Bitcoin et monnaies cryptographiques

Par Paul Greg

RLR : J’ai enfin pu comprendre comment marchaient les bitcoins grâce à cette présentation. Si je résume, il s’agit d’une monnaie pour laquelle la validation des transactions, au lieu d’être centralisée (par les banques) peut être validée par n’importe qui à partir de calculs cryptographiques.

Quand je me connecte au réseau, je récupère le montant de mon compte en fonction d’un dernier « bloc » validé.

Quand je veux réaliser une transaction, je demande au réseau de la rajouter au prochain bloc à valider.

C’est dans la validation du bloc que les « mineurs » interviennent. Ceux-ci, forts de la connaissance intégrale de l’historique des transaction (20Go actuellement) sont en concurrence pour valider un bloc qui comprendra les transactions en attente de validation, la signature du mineur ainsi qu’un nombre qui permettra au bloc d’avoir certaines propriétés (une valeur de « hash » commençant par un certain nombres de 0). Une fois cette valeur trouvée, elle sera soumise au réseau et le mineur sera récompensée de quelques bitcoins, et les mineurs commenceront à travailler sur le bloc suivant.
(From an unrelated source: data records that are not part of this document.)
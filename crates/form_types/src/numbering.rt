//! The types of a module are numbered, group by group, as they are read.

ghost use Rattle.std.specs.Prelude.{◌≡◌, ◌+◌, ◌<◌, ◌^◌, [], length, map, OnOk};
ghost use Rattle.form_reader.specs.Views.{group_of};
ghost use Rattle.form_types.specs.Keys.{key_of, read_key};
ghost use Rattle.form_types.specs.Distinct.{KeepsGroups};
ghost use Rattle.form_types.specs.Adding.{HasFewIds, AddsGroup};
ghost use Rattle.form_types.specs.Taken.{IsNumberingOf};

use crate::below::members_name_below;
use crate::canonical::CanonicalGroup;
use crate::distinct::Distinct;
use crate::finding::{FirstIds, find_or_note, name_key, push_row, read_key, seed_of};
use crate::list_lengths::members_are_short;
use crate::named::name_group;
use entity_map::Seeded;
use form_reader::{GroupSink, RecGroup};
use std::alloc::{AllocError, Global};
use std::collections::HashMap;
use wasm_spec::CoreTypeId;

/// More types than this, 2^30 - 1, are not numbered, nor types with longer lists; input that is
/// read has none.
const MOST_TYPES: usize = 1073741823;

/// The types of a module, numbered as their groups are read.
#[derive(Drop)]
pub struct Numbering {
    pub(crate) first_ids: FirstIds,
    pub(crate) distinct: Distinct,
    pub(crate) declared: Vec<CoreTypeId>,
    pub(crate) seed: u64,
    /// The key of the last group; its lists are reused.
    pub(crate) key: CanonicalGroup,
    /// Whether each type so far names only types before the end of its group, and its supertype is
    /// before it. From the first type that does not, no type is numbered.
    pub(crate) names_below: bool,
}

impl Numbering {
    /// A numbering of no groups. `wasm` is the bytes of the module, whose types seed the hashes.
    pub fn new(alloc: Global, wasm: &[u8]) -> Numbering
        ensures { IsNumberingOf result [] }
    {
        let seed = seed_of(wasm);
        Numbering {
            first_ids: HashMap::with_hasher(alloc, Seeded::new(seed)),
            distinct: Distinct::new(alloc),
            declared: Vec::new(alloc),
            seed,
            key: CanonicalGroup::new(alloc),
            names_below: true,
        }
    }

    /// Gives ids to the members of a group: those of an equal group, or new ones. `key` is the group
    /// as it was read.
    fn add_group(&mut self, alloc: Global, mut group: RecGroup) -> Result<(), AllocError>
        requires read { key_of self.old.key ≡ read_key (group_of group) }
        requires some { 0 < length group.types.items }
        requires room { length self.old.declared.items + length group.types.items < 2 ^ 30 }
        requires few { self.old.distinct.next + length group.types.items < 2 ^ 30 }
        requires ids { HasFewIds self.old.first_ids }
        requires listed { KeepsGroups self.old.distinct (map group_of self.old.distinct.groups.items) }
        ensures adds { OnOk result (AddsGroup self.old self.new (group_of group)) }
        ensures stays { self.new.names_below ≡ self.old.names_below }
    {
        let count = group.types.len();
        name_key(&mut self.key, &self.declared);
        let next = self.distinct.next;
        match find_or_note(alloc, &mut self.first_ids, &self.key, next)? {
            Some(first) => push_row(&mut self.declared, first, count)?,
            None => {
                push_row(&mut self.declared, next, count)?;
                name_group(
                    &self.declared,
                    group.types.as_mut_slice(),
                    self.key.references.len(),
                );
                self.distinct.push(group)?;
            }
        }
        Ok(())
    }
}

impl GroupSink for Numbering {
    ghost holds = { IsNumberingOf };

    fn push_group(&mut self, alloc: Global, group: RecGroup) -> Result<(), AllocError> {
        let start = self.declared.len();
        let count = group.types.len();
        if !self.names_below || count == 0 {
            return Ok(());
        }
        if start > MOST_TYPES || count > MOST_TYPES - start {
            return Err(AllocError);
        }
        if !members_are_short(group.types.as_slice()) {
            return Err(AllocError);
        }
        read_key(&mut self.key, group.types.as_slice())?;
        if !members_name_below(
            start,
            group.types.as_slice(),
            self.key.references.as_slice(),
        ) {
            self.names_below = false;
            return Ok(());
        }
        self.add_group(alloc, group)?;
        Ok(())
    }
}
Plusieurs mineurs pouvant trouver une validation en même temps, on pourra se retrouver temporairement avec un arbre plutôt qu’une chaîne de blocs. Les mineurs devront éliminer les branches les plus courtes. Le souci est que, du coup, si une « ferme de minage » dispose de plus de la moitié de la puissance de calcul, elle pourra faire croître des branches originalement plus courte pour dépasser la branche principale, invalidant ainsi beaucoup de transactions et brisant la confiance dans le bitcoin : cela ne doit pas arriver.
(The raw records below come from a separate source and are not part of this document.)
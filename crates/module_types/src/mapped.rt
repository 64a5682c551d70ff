//! Whether a function type is what a trampoline passes for another, compared without building it.

ghost use Rattle.std.specs.Prelude.{◌≡◌, map};
ghost use Rattle.std.specs.Cmp.Lexicographic.{pointwise};
ghost use Rattle.wasm_types.specs.Trampolines.{trampoline_val, trampoline_of};

use wasm_types::{WasmFuncType, WasmRefType, WasmValType};

// What a trampoline passes for a value type.
fn passed(ty: &WasmValType) -> WasmValType
    ensures { result ≡ trampoline_val ty.now }
{
    match ty {
        WasmValType::Ref(ty) => WasmValType::Ref(WasmRefType {
            nullable: true,
            heap_type: ty.heap_type.top().into(),
        }),
        _ => *ty,
    }
}

// Whether a trampoline passes another value type for a value type.
fn is_passed(ty: &WasmValType, other: &WasmValType) -> bool
    ensures { result ≡ ⟦<WasmValType as PartialEq>⟧.eq (trampoline_val ty.now) other.now }
{
    passed(ty) == *other
}

// Whether a trampoline passes each of the other value types for the types.
fn are_passed(types: &[WasmValType], others: &[WasmValType]) -> bool
    ensures { result ≡ pointwise ⟦<WasmValType as PartialEq>⟧.eq (map trampoline_val types.now) others.now }
{
    if types.len() != others.len() {
        return false;
    }
    for (ty, other) in types.iter().zip(others) {
        if !is_passed(ty, other) {
            return false;
        }
    }
    true
}

/// Whether another type is the mapped type of a function type.
pub(crate) fn is_mapped(func: &WasmFuncType, other: &WasmFuncType) -> bool
    ensures { result ≡ ⟦<WasmFuncType as PartialEq>⟧.eq (trampoline_of func.now) other.now }
{
    are_passed(func.params(), other.params()) && are_passed(func.results(), other.results())
}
Le calcul de hash pour le bitcoin demande beaucoup de CPU, il n’est pas rentable de miner avec son propre PC, mais il est possible de faire partie d’une ferme de minage qui partage les gains à la validation d’un bloc. La difficulté du calcul est mis à jour régulièrement afin de garder un rythme de validation de blocs de 1 toutes les 10 minutes.

Le bitcoin est donc adapté pour le e-commerce ou la validation d’une commande peut attendre un peu et la mise en place d’un service de CB demande à passer par une banque qui prendra sa commission au passage. Il est par contre moins approprié pour acheter sa baguette de pain.

A noter aussi qu’il existe d’autre monnaies cryptographiques basées sur d’autres algorithmes (le Litecoin demande de la mémoire et non du CPU).